Covid-19 : des répercussions profondes sur l'économie mondiale

Récession record, panique sur les marchés boursiers, risques bancaires, chamboulement des chaînes de valeur planétaires... la pandémie a bouleversé en quelques mois les cadres de l'économie mondiale. Le risque "d'un désastre économique" plane au-dessus des États selon le Centre d'études prospectives et d'informations internationales (CEPII).
Grégoire Normand
Depuis le début de la crise, les économistes bouleversent leurs méthodes et leurs modèles pour tenter de comprendre toutes les conséquences économiques et sociales de cette pandémie planétaire aux multiples dimensions.
Depuis le début de la crise, les économistes bouleversent leurs méthodes et leurs modèles pour tenter de comprendre toutes les conséquences économiques et sociales de cette pandémie planétaire aux multiples dimensions. (Crédits : Reuters)

La diffusion du coronavirus sur l'ensemble des continents fait disjoncter l'économie mondiale. La plupart des institutions internationales ne cessent d'assombrir leurs perspectives économiques depuis le début du confinement, annonçant une récession sans précédent depuis le krach boursier de 1929.

Lors d'une visioconférence organisée vendredi 15 mai, les économistes du Centre d'études prospectives et d'informations internationales (CEPII) ont de nouveau tiré la sonnette d'alarme.

"Il s'agit d'une crise majeure, les superlatifs ne manquent pas.

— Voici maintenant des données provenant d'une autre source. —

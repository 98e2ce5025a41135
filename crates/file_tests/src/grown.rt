//! Stores in files of a site whose text is another when they are next opened: which texts are
//! taken, what is served then, and what a stop in between leaves.
use crate::disks::{
    FilesCase, InFiles, Store, held_over, is_told, opened_and_closed, over_files, undisturbed,
};
use crate::stops::first_lost;
use std::alloc::{AllocError, Global};
use std::test::Fail;
use test_fixtures::conversations::growths::{GROWTHS, Growth};
use test_fixtures::conversations::runs::{BOOKS, RUN};
use test_fixtures::conversations::{Exchange, exchanges};
use test_fixtures::samples::{GROWING, NEXT_TEXTS, SITE, SITE_WITH_A_CUSTOMER, SITE_WITH_A_POOL};
use test_support::stores::{tell_of, told_then};

/// The texts of the sites that grew from the sample.
const GROWN_SITES: &[&str] = &[SITE_WITH_A_POOL, SITE_WITH_A_CUSTOMER];

/// The texts of the sample site in which one of what may grow did, and those in which two did.
pub fn grown_texts(alloc: Global) -> Result<Vec<String>, AllocError> {
    let mut texts = Vec::new(alloc);
    for (place, one) in GROWING.iter().enumerate() {
        let grown = SITE.replace(alloc, one.0, one.1)?;
        for other in GROWING.iter().skip(place.saturating_add(1)) {
            texts.push(grown.as_str().replace(alloc, other.0, other.1)?)?;
        }
        texts.push(grown)?;
    }
    Ok(texts)
}

/// Opens a store, in which something stands, for a text: what differs, the number of the fault, the
/// text that the store tells of then, or what it shows.
pub fn difference_of_text<K: InFiles>(
    alloc: Global,
    store: &Store,
    text: &str,
    wanted: u8,
    shown: &[Exchange<'_>],
) -> Result<String, Fail> {
    let (fault, left) = opened_and_closed::<K>(alloc, store, text)?;
    if fault != wanted {
        return Ok(format!(in alloc; "fault {wanted} -> {fault}")?);
    }
    let told = told_then(fault, text);
    if !is_told::<K>(alloc, &left, told)? {
        return Ok(format!(in alloc; "another text after fault {fault}")?);
    }
    let (found, _) = held_over::<K>(alloc, &left, told, shown)?;
    Ok(found)
}

/// Opens a store of the sample site for each text that grew from it: what differs first, behind the
/// text.
pub fn first_difference_grown<K: InFiles>(
    alloc: Global,
    store: &Store,
    shown: &[Exchange<'_>],
) -> Result<String, Fail> {
    for text in grown_texts(alloc)? {
        let found = difference_of_text::<K>(alloc, store, text.as_str(), 0, shown)?;
        if !found.is_empty() {
            return Ok(format!(in alloc; "{text}: {found}")?);
        }
    }
    Ok(String::new(alloc))
}

/// The store of the sample site behind the run.
fn store_of_run<K: InFiles>(alloc: Global) -> Result<Store, Fail> {
    let run = exchanges(alloc, RUN)?;
    let (found, store) = held_over::<K>(alloc, &Store::new(alloc), SITE, run.as_slice())?;
    if !found.is_empty() {
        return Err(Fail::from(found));
    }
    Ok(store)
}

/// Opens the store of the sample site behind a run for the text of each row, and for those that grew:
/// what differs first, behind what stands in the text.
fn first_difference_opened<K: InFiles>(
    alloc: Global,
    rows: &[(&str, &str, u8)],
) -> Result<String, Fail> {
    let store = store_of_run::<K>(alloc)?;
    let books = exchanges(alloc, BOOKS)?;
    for row in rows {
        let text = SITE.replace(alloc, row.0, row.1)?;
        let found = difference_of_text::<K>(alloc, &store, text.as_str(), row.2, books.as_slice())?;
        if !found.is_empty() {
            return Ok(format!(in alloc; "{}: {found}", row.1)?);
        }
    }
    first_difference_grown::<K>(alloc, &store, books.as_slice())
}

/// Those of exchanges that only show something, and show it to a seat.
pub fn shown_of<'a>(
    alloc: Global,
    exchanges: &[Exchange<'a>],
) -> Result<Vec<Exchange<'a>>, AllocError> {
    let mut shown = Vec::new(alloc);
    for exchange in exchanges {
        if exchange.asked.contains(" GET ") && !exchange.asked.starts_with("manager ") {
            shown.push(*exchange)?;
        }
    }
    Ok(shown)
}

/// Opens a store for the site of a text, and then for the sample's: what differs of what is shown before and
/// of the books after it, or that the old text is taken back.
fn difference_over_grown<K: InFiles>(
    alloc: Global,
    store: &Store,
    site: &str,
) -> Result<String, Fail> {
    let books = exchanges(alloc, BOOKS)?;
    let shown = shown_of(alloc, books.as_slice())?;
    let (found, _) = held_over::<K>(alloc, store, SITE, shown.as_slice())?;
    if !found.is_empty() {
        return Ok(format!(in alloc; "before it: {found}")?);
    }
    let (found, grown) = held_over::<K>(alloc, store, site, books.as_slice())?;
    if !found.is_empty() {
        return Ok(found);
    }
    let (fault, left) = opened_and_closed::<K>(alloc, &grown, SITE)?;
    if fault != 1 || !is_told::<K>(alloc, &left, site)? {
        return Ok(format!(in alloc; "fault {fault} with the old text")?);
    }
    Ok(String::new(alloc))
}

/// Shows the books under each text that grew, after they were shown under the sample's: what differs first.
/// The old text is refused then.
fn first_difference_over_grown<K: InFiles>(alloc: Global) -> Result<String, Fail> {
    let store = store_of_run::<K>(alloc)?;
    for site in GROWN_SITES {
        let found = difference_over_grown::<K>(alloc, &store, site)?;
        if !found.is_empty() {
            return Ok(found);
        }
    }
    Ok(String::new(alloc))
}

/// Holds what is said before the site grew over files, and what is said after that over the same files, which
/// are closed in between and opened for the text that grew: what differs first, and what is left.
pub fn held_over_growth<K: InFiles>(
    alloc: Global,
    growth: &Growth,
) -> Result<(String, Store), Fail> {
    let before = exchanges(alloc, growth.before)?;
    let after = exchanges(alloc, growth.after)?;
    let new = Store::new(alloc);
    let (found, store) = held_over::<K>(alloc, &new, SITE, before.as_slice())?;
    if !found.is_empty() {
        return Ok((found, store));
    }
    held_over::<K>(alloc, &store, growth.site, after.as_slice())
}

/// The first difference among the growths of the sample site, behind the name of its growth.
fn first_difference_of_stores<K: InFiles>(alloc: Global) -> Result<String, Fail> {
    for growth in GROWTHS {
        let (found, _) = held_over_growth::<K>(alloc, growth)?;
        if !found.is_empty() {
            return Ok(format!(in alloc; "{}: {found}", growth.name)?);
        }
    }
    Ok(String::new(alloc))
}

/// Stops the growth at each call of either file, and shows the books behind each stop: what differs first, or
/// that the store doesn't tell of the text that grew then.
fn first_lost_in_growth<K: InFiles>(alloc: Global, loses_unsynced: bool) -> Result<String, Fail> {
    let (store, books) = (store_of_run::<K>(alloc)?, exchanges(alloc, BOOKS)?);
    let site = SITE_WITH_A_POOL;
    let rows = undisturbed::<K>(alloc, &store, site, &[])?;
    if !tell_of(alloc, rows.as_str(), site)? {
        return Ok(String::from_str(alloc, "the old text is told of")?);
    }
    first_lost::<K>(alloc, &store, site, books.as_slice(), 0, loses_unsynced)
}

/// Texts for which a store is next opened.
struct NextTexts;

impl FilesCase for NextTexts {
    fn first_difference<K: InFiles>(alloc: Global) -> Result<String, Fail> {
        first_difference_opened::<K>(alloc, NEXT_TEXTS)
    }
}

/// What is shown before and after a site grew.
struct BooksOverGrown;

impl FilesCase for BooksOverGrown {
    fn first_difference<K: InFiles>(alloc: Global) -> Result<String, Fail> {
        first_difference_over_grown::<K>(alloc)
    }
}

/// Requests before and after a site grew.
struct GrowthsBetween;

impl FilesCase for GrowthsBetween {
    fn first_difference<K: InFiles>(alloc: Global) -> Result<String, Fail> {
        first_difference_of_stores::<K>(alloc)
    }
}

/// A growth that is killed.
struct KilledGrowth;

impl FilesCase for KilledGrowth {
    fn first_difference<K: InFiles>(alloc: Global) -> Result<String, Fail> {
        first_lost_in_growth::<K>(alloc, false)
    }
}

/// A growth whose power fails.
struct GrowthWithoutPower;

impl FilesCase for GrowthWithoutPower {
    fn first_difference<K: InFiles>(alloc: Global) -> Result<String, Fail> {
        first_lost_in_growth::<K>(alloc, true)
    }
}

/// Files are opened for the text that they hold and for those that grew from it, which they hold
/// then; for another they aren't, and nothing is changed.
#[test]
fn stores_in_files_take_texts_that_grew(rt: HostRuntime) -> Result<(), Fail> {
    assert_eq!(rt; over_files::<NextTexts>(rt.alloc())?.as_str(), "");
    Ok(())
}

/// What was shown before the site grew is shown after it, and the old text is refused then.
#[test]
fn books_stay_where_sites_grow(rt: HostRuntime) -> Result<(), Fail> {
    assert_eq!(rt; over_files::<BooksOverGrown>(rt.alloc())?.as_str(), "");
    Ok(())
}

#[test]
fn sites_grow_between_openings(rt: HostRuntime) -> Result<(), Fail> {
    assert_eq!(rt; over_files::<GrowthsBetween>(rt.alloc())?.as_str(), "");
    Ok(())
}

/// A growth is stopped at each call of either file: the store is as it was or as the growth leaves it, and the
/// next opening takes the new text, with the same books.
#[test]
fn a_killed_growth_goes_on(rt: HostRuntime) -> Result<(), Fail> {
    assert_eq!(rt; over_files::<KilledGrowth>(rt.alloc())?.as_str(), "");
    Ok(())
}

/// A growth is stopped at each call of either file, and what wasn't synced is lost: the store is as it was or as
/// the growth leaves it, and the next opening takes the new text, with the same books.
#[test]
fn a_growth_goes_on_after_a_power_cut(rt: HostRuntime) -> Result<(), Fail> {
    assert_eq!(rt; over_files::<GrowthWithoutPower>(rt.alloc())?.as_str(), "");
    Ok(())
}
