//! Sites that grow in the middle of a list of requests.

use office_core::{Keep, MemKeep, Part, replay_parts};
use site_core::read_site;
use std::alloc::Global;
use std::test::Fail;
use test_fixtures::conversations::exchanges;
use test_fixtures::conversations::growths::{GROWTHS, Growth};
use test_fixtures::samples::SITE;
use test_support::lists::{first_difference_among, seat_requests};

/// Asks what is said before the sample site grew, and what is said after it, by one list of two parts:
/// the first request that doesn't get its reply, and what it got.
fn first_difference_in_parts<K: Keep>(
    alloc: Global,
    keep: &mut K,
    growth: &Growth,
) -> Result<String, Fail> {
    let (old, grown) = (read_site(alloc, SITE)?, read_site(alloc, growth.site)?);
    let mut all = exchanges(alloc, growth.before)?;
    let others = exchanges(alloc, growth.after)?;
    let first = seat_requests(alloc, &old, all.as_slice())?;
    let second = seat_requests(alloc, &grown, others.as_slice())?;
    if !old.is_growth(&grown) {
        return Err(Fail::from("no growth"));
    }
    let parts = [
        Part {
            site: &old,
            requests: first.as_slice(),
        },
        Part {
            site: &grown,
            requests: second.as_slice(),
        },
    ];
    let replies = replay_parts(alloc, keep, &parts)?;
    all.extend_from_slice(others.as_slice())?;
    first_difference_among(alloc, all.as_slice(), replies.as_slice())
}

/// The first difference among the growths of the sample site, behind the name of its growth.
fn first_difference_of_growths(alloc: Global) -> Result<String, Fail> {
    for growth in GROWTHS {
        let mut keep = MemKeep::new(alloc);
        let found = first_difference_in_parts(alloc, &mut keep, growth)?;
        if !found.is_empty() {
            return Ok(format!(in alloc; "{}: {found}", growth.name)?);
        }
    }
    Ok(String::new(alloc))
}

/// How many replies no parts get.
fn replies_to_no_parts(alloc: Global) -> Result<usize, Fail> {
    let mut keep = MemKeep::new(alloc);
    let replies = replay_parts(alloc, &mut keep, &[])?;
    Ok(replies.len())
}

/// One list in two parts, where the site grew in between; and no parts, which get no replies.
#[test]
fn sites_grow_between_requests(rt: HostRuntime) -> Result<(), Fail> {
    let found = first_difference_of_growths(rt.alloc())?;
    assert_eq!(rt; found.as_str(), "");
    assert_eq!(rt; replies_to_no_parts(rt.alloc())?, 0);
    Ok(())
}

Les conséquences seront profondes pour l'économie mondiale. C'est une période inédite en temps de paix depuis les années 30. Les prévisions des institutions économiques témoignent de cette torpeur. Le choc économique touche tout le monde mais de manière inégale. C'est un choc asymétrique [...] Il existe un vrai risque politique avec cette épidémie. J'ai été frappé par les sondages sur le sentiment des Italiens à l'égard de l'Union européenne" a expliqué Sébastien Jean, directeur du centre de recherches.

Depuis le début de la crise, les économistes bouleversent leurs méthodes et leurs modèles pour tenter de comprendre toutes les conséquences économiques et sociales de cette pandémie planétaire aux multiples dimensions.

Le spectre du "désastre"

Il est encore complexe à ce stade de mesurer l'ampleur de la crise et les répercussions de cette maladie infectieuse sur l'économie internationale. Beaucoup d'économistes s'attendent à une crise historique et redoutent que la récession se transforme en dépression semblable à la crise des années 30.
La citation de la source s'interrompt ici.